(INFORMATION SHOWN begins)

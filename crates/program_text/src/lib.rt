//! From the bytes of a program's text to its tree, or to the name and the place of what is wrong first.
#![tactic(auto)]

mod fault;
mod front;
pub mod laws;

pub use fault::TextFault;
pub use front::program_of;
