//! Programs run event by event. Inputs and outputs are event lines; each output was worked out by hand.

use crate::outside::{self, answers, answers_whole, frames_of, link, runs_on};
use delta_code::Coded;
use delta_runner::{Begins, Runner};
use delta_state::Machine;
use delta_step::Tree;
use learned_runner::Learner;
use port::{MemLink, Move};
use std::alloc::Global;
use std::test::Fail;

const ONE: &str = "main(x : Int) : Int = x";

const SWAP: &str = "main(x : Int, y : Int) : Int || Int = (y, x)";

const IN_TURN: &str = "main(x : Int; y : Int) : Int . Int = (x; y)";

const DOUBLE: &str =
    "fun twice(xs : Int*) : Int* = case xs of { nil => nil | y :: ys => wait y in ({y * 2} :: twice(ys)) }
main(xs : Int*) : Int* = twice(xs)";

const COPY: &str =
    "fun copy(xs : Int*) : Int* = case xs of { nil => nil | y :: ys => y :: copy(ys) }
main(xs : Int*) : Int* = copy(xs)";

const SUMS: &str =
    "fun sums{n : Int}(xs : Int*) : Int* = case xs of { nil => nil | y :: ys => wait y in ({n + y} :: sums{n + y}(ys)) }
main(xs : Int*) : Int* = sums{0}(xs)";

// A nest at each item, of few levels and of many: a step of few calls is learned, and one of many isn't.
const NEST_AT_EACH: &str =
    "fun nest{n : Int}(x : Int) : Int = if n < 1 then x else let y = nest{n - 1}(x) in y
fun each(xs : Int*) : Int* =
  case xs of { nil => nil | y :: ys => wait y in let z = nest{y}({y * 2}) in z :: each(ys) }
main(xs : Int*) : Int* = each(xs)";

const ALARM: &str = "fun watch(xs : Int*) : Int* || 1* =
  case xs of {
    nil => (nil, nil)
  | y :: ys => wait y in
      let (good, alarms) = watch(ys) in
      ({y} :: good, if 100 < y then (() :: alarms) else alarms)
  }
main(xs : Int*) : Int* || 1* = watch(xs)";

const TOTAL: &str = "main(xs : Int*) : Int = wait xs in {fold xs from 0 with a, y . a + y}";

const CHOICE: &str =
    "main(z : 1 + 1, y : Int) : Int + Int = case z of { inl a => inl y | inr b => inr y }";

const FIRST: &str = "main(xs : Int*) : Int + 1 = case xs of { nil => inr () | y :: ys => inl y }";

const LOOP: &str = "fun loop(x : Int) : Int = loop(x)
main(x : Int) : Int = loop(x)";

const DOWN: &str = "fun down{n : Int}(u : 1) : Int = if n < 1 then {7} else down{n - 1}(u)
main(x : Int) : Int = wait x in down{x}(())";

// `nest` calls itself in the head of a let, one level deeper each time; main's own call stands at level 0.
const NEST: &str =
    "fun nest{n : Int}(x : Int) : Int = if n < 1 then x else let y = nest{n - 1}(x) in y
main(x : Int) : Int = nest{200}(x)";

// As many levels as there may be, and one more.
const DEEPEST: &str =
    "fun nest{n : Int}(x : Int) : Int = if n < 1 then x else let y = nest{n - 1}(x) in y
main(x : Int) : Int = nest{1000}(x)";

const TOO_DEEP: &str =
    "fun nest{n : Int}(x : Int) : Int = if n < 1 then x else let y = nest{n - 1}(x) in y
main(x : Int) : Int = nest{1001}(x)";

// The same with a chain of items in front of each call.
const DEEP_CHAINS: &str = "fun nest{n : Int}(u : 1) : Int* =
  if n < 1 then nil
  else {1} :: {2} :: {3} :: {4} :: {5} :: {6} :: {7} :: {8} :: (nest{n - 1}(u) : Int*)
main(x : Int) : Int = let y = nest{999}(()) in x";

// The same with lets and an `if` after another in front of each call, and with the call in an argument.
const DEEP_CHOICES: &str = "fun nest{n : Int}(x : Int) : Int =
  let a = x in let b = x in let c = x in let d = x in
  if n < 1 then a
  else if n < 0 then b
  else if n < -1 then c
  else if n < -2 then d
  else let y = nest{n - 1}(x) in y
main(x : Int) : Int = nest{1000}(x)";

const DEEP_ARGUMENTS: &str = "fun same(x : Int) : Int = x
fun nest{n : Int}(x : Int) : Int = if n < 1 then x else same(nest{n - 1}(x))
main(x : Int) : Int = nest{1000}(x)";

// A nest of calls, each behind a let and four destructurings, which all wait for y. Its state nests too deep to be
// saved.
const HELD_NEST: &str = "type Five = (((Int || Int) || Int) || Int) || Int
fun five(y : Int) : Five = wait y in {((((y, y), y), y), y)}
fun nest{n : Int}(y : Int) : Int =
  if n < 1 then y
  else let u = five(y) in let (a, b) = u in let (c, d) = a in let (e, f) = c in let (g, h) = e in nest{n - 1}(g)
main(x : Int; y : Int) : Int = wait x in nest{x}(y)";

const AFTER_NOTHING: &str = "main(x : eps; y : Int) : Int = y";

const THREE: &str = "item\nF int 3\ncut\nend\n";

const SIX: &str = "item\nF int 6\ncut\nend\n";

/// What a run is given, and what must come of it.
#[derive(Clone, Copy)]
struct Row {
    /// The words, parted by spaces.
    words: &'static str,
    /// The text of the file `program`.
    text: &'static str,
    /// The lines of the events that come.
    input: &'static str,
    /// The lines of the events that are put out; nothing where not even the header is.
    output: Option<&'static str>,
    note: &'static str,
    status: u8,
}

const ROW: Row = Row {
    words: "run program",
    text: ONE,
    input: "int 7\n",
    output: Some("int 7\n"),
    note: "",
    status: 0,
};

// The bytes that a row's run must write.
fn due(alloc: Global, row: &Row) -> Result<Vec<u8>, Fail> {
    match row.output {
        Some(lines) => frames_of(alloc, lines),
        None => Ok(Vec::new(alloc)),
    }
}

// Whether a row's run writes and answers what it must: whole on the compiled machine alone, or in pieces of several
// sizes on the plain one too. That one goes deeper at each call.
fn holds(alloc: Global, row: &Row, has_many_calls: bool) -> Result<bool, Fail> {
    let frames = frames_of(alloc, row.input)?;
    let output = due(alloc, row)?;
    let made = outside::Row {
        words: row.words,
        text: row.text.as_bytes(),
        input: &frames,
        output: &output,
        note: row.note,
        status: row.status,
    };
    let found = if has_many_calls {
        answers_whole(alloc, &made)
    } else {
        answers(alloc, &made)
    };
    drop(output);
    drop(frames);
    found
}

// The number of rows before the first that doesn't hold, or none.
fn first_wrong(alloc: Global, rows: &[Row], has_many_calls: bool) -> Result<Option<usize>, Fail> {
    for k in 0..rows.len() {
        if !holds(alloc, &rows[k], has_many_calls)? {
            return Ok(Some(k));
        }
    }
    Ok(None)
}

(INFORMATION SHOWN ends)

#### [TASK PROMPT]
Look at the entries above. Then set all of them down again exactly.

#### [OUTPUT]
filename crates/program_text/src/lib.rt
//! From the bytes of a program's text to its tree, or to the name and the place of what is wrong first.
#![tactic(auto)]

mod fault;
mod front;
pub mod laws;

pub use fault::TextFault;
pub use front::program_of;
//! Programs run event by event. Inputs and outputs are event lines; each output was worked out by hand.

use crate::outside::{self, answers, answers_whole, frames_of, link, runs_on};
use delta_code::Coded;
use delta_runner::{Begins, Runner};
use delta_state::Machine;
use delta_step::Tree;
use learned_runner::Learner;
use port::{MemLink, Move};
use std::alloc::Global;
use std::test::Fail;

const ONE: &str = "main(x : Int) : Int = x";

const SWAP: &str = "main(x : Int, y : Int) : Int || Int = (y, x)";

const IN_TURN: &str = "main(x : Int; y : Int) : Int . Int = (x; y)";

const DOUBLE: &str =
    "fun twice(xs : Int*) : Int* = case xs of { nil => nil | y :: ys => wait y in ({y * 2} :: twice(ys)) }
main(xs : Int*) : Int* = twice(xs)";

const COPY: &str =
    "fun copy(xs : Int*) : Int* = case xs of { nil => nil | y :: ys => y :: copy(ys) }
main(xs : Int*) : Int* = copy(xs)";

const SUMS: &str =
    "fun sums{n : Int}(xs : Int*) : Int* = case xs of { nil => nil | y :: ys => wait y in ({n + y} :: sums{n + y}(ys)) }
main(xs : Int*) : Int* = sums{0}(xs)";

// A nest at each item, of few levels and of many: a step of few calls is learned, and one of many isn't.
const NEST_AT_EACH: &str =
    "fun nest{n : Int}(x : Int) : Int = if n < 1 then x else let y = nest{n - 1}(x) in y
fun each(xs : Int*) : Int* =
  case xs of { nil => nil | y :: ys => wait y in let z = nest{y}({y * 2}) in z :: each(ys) }
main(xs : Int*) : Int* = each(xs)";

const ALARM: &str = "fun watch(xs : Int*) : Int* || 1* =
  case xs of {
    nil => (nil, nil)
  | y :: ys => wait y in
      let (good, alarms) = watch(ys) in
      ({y} :: good, if 100 < y then (() :: alarms) else alarms)
  }
main(xs : Int*) : Int* || 1* = watch(xs)";

const TOTAL: &str = "main(xs : Int*) : Int = wait xs in {fold xs from 0 with a, y . a + y}";

const CHOICE: &str =
    "main(z : 1 + 1, y : Int) : Int + Int = case z of { inl a => inl y | inr b => inr y }";

const FIRST: &str = "main(xs : Int*) : Int + 1 = case xs of { nil => inr () | y :: ys => inl y }";

const LOOP: &str = "fun loop(x : Int) : Int = loop(x)
main(x : Int) : Int = loop(x)";

const DOWN: &str = "fun down{n : Int}(u : 1) : Int = if n < 1 then {7} else down{n - 1}(u)
main(x : Int) : Int = wait x in down{x}(())";

// `nest` calls itself in the head of a let, one level deeper each time; main's own call stands at level 0.
const NEST: &str =
    "fun nest{n : Int}(x : Int) : Int = if n < 1 then x else let y = nest{n - 1}(x) in y
main(x : Int) : Int = nest{200}(x)";

// As many levels as there may be, and one more.
const DEEPEST: &str =
    "fun nest{n : Int}(x : Int) : Int = if n < 1 then x else let y = nest{n - 1}(x) in y
main(x : Int) : Int = nest{1000}(x)";

const TOO_DEEP: &str =
    "fun nest{n : Int}(x : Int) : Int = if n < 1 then x else let y = nest{n - 1}(x) in y
main(x : Int) : Int = nest{1001}(x)";

// The same with a chain of items in front of each call.
const DEEP_CHAINS: &str = "fun nest{n : Int}(u : 1) : Int* =
  if n < 1 then nil
  else {1} :: {2} :: {3} :: {4} :: {5} :: {6} :: {7} :: {8} :: (nest{n - 1}(u) : Int*)
main(x : Int) : Int = let y = nest{999}(()) in x";

// The same with lets and an `if` after another in front of each call, and with the call in an argument.
const DEEP_CHOICES: &str = "fun nest{n : Int}(x : Int) : Int =
  let a = x in let b = x in let c = x in let d = x in
  if n < 1 then a
  else if n < 0 then b
  else if n < -1 then c
  else if n < -2 then d
  else let y = nest{n - 1}(x) in y
main(x : Int) : Int = nest{1000}(x)";

const DEEP_ARGUMENTS: &str = "fun same(x : Int) : Int = x
fun nest{n : Int}(x : Int) : Int = if n < 1 then x else same(nest{n - 1}(x))
main(x : Int) : Int = nest{1000}(x)";

// A nest of calls, each behind a let and four destructurings, which all wait for y. Its state nests too deep to be
// saved.
const HELD_NEST: &str = "type Five = (((Int || Int) || Int) || Int) || Int
fun five(y : Int) : Five = wait y in {((((y, y), y), y), y)}
fun nest{n : Int}(y : Int) : Int =
  if n < 1 then y
  else let u = five(y) in let (a, b) = u in let (c, d) = a in let (e, f) = c in let (g, h) = e in nest{n - 1}(g)
main(x : Int; y : Int) : Int = wait x in nest{x}(y)";

const AFTER_NOTHING: &str = "main(x : eps; y : Int) : Int = y";

const THREE: &str = "item\nF int 3\ncut\nend\n";

const SIX: &str = "item\nF int 6\ncut\nend\n";

/// What a run is given, and what must come of it.
#[derive(Clone, Copy)]
struct Row {
    /// The words, parted by spaces.
    words: &'static str,
    /// The text of the file `program`.
    text: &'static str,
    /// The lines of the events that come.
    input: &'static str,
    /// The lines of the events that are put out; nothing where not even the header is.
    output: Option<&'static str>,
    note: &'static str,
    status: u8,
}

const ROW: Row = Row {
    words: "run program",
    text: ONE,
    input: "int 7\n",
    output: Some("int 7\n"),
    note: "",
    status: 0,
};

// The bytes that a row's run must write.
fn due(alloc: Global, row: &Row) -> Result<Vec<u8>, Fail> {
    match row.output {
        Some(lines) => frames_of(alloc, lines),
        None => Ok(Vec::new(alloc)),
    }
}

// Whether a row's run writes and answers what it must: whole on the compiled machine alone, or in pieces of several
// sizes on the plain one too. That one goes deeper at each call.
fn holds(alloc: Global, row: &Row, has_many_calls: bool) -> Result<bool, Fail> {
    let frames = frames_of(alloc, row.input)?;
    let output = due(alloc, row)?;
    let made = outside::Row {
        words: row.words,
        text: row.text.as_bytes(),
        input: &frames,
        output: &output,
        note: row.note,
        status: row.status,
    };
    let found = if has_many_calls {
        answers_whole(alloc, &made)
    } else {
        answers(alloc, &made)
    };
    drop(output);
    drop(frames);
    found
}

// The number of rows before the first that doesn't hold, or none.
fn first_wrong(alloc: Global, rows: &[Row], has_many_calls: bool) -> Result<Option<usize>, Fail> {
    for k in 0..rows.len() {
        if !holds(alloc, &rows[k], has_many_calls)? {
            return Ok(Some(k));
        }
    }
    Ok(None)
}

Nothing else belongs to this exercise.